October 31, 2024

Oasis: A Universe in a Transformer

Decart, Etched

We're excited to announce Oasis, the first playable, realtime, open-world AI model. It's a video game, but entirely generated by AI. Oasis is the first step in our research towards more complex interactive worlds.

Oasis takes in user keyboard input and generates real-time gameplay, including physics, game rules, and graphics. You can move around, jump, pick up items, break blocks, and more. There is no game engine; just a foundation model.

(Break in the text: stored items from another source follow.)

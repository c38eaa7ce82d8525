//! The five theorems of docs/CLAIMS.md, apart from any call. Each function has one as its clause; `specs/Theorems` has them all.
ghost use Rattle.agent.specs.Theorems.{ClosingTheorem, EachStepIsItsRow, OneLegalHistory, RepliesAreExplained, RunTheorem, SafeAndTotal};

use memory::Memory;
use workers::TableName;

/// 1. Bytes are an instruction exactly where its encoding stands, each refusal is a function of the bytes, and every step has one
/// outcome.
pub fn safe_and_total()
    ensures { SafeAndTotal }
{}

/// 2. A step does its row whole, or waits and changes nothing, or stops. It does nothing to what wasn't granted.
pub fn each_step_is_its_row<M: Memory>()
    ensures { EachStepIsItsRow M.acts }
{}

/// 3. The replies of `run` are those of a run of its commands, in which moving and debugging change nothing.
pub fn run_theorem()
    ensures { RunTheorem }
{}

/// 4. All accesses of all threads form one history.
pub fn one_legal_history()
    ensures { OneLegalHistory }
{
    shared_objects::tables_have_histories();
    shared_objects::words_show_seats();
    shared_objects::sorted_entries_run();
    shared_objects::one_lists_are_legal();
    shared_objects::legal_histories_run();
    shared_objects::stamps_cover();
    shared_objects::learnt_stands_before();
}

/// 5. When `serve` closes, one list explains every object and every machine.
pub fn closing_theorem()
    ensures { ClosingTheorem }
{
    shared_objects::sorted_entries_run();
    shared_objects::one_lists_are_legal();
}

/// 5. Each reply of a connection tells of the entries that it adds.
pub fn replies_are_explained<K: TableName>()
    ensures { RepliesAreExplained K.opening K.starts K.passed }
{
    ship_service::replies_are_entries::<K>();
    ship_service::reply_is_entry::<K>();
    ship_service::answered_machines_are_seen::<K>();
    ship_service::steps_stand_above::<K>();
    ship_service::opened_machines_stay::<K>();
    ship_service::seen_machines_are_granted::<K>();
}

We believe fast transformer inference is the missing link to making generative video a reality. Using Decart's inference engine, we show that real-time video is possible. When Etched's transformer ASIC, Sohu, is released, we can run models like Oasis in 4K. Today, we're releasing Oasis's code, the weights of a 500M parameter model you can run locally, and a live playable demo of a larger checkpoint.

Gameplay Results

Carousel image 1
Carousel image 2
Carousel image 3
Carousel image 4
Carousel image 5

Oasis understands complex game mechanics, such as building, lighting physics, inventory management, object understanding, and more.

Placing non-cube blocks

Placing non-cube blocks

Model understands lighting physics

Model understands lighting physics

Interacting with animals

Interacting with animals

Recovering health when eating

Recovering health when eating

Shovel is faster than hands

Shovel is faster than hands

Oasis outputs a diverse range of settings, locations, and objects. This versatility gives us confidence that Oasis can be adapted to generate a wide range of new maps, games, features, and modifications with limited additional training.

Space-like dark location

Space-like dark location

Oasis renders at night

Oasis renders at night

Placing a range of objects

Placing a range of objects

Oasis lets users open inventory chests

Oasis lets users open inventory chests

Exciting animals and NPCs

Exciting animals and NPCs

Oasis is an impressive technical demo, but we believe this research will enable an exciting new generation of foundation models and consumer products. For example, rather than being controlled by actions, a game controlled completely by text, audio, or other modalities.

Architecture

The model is composed of two parts: a spatial autoencoder, and a latent diffusion backbone. Both are Transformer-based: the autoencoder is based on ViT[1], and the backbone is based on DiT[2]. Contrasting from recent action-conditioned world models such as GameNGen[3] and DIAMOND[4], we chose Transformers to ensure stable, predictable scaling, and fast inference on Etched's Transformer ASIC, Sohu.

Architecture

In contrast to bidirectional models such as Sora[5], Oasis generates frames autoregressively, with the ability to condition each frame on game input. This enables users to interact with the world in real-time. The model was trained using Diffusion Forcing[6], which denoises with independent per-token noise levels, and allows for novel decoding schemes such as ours.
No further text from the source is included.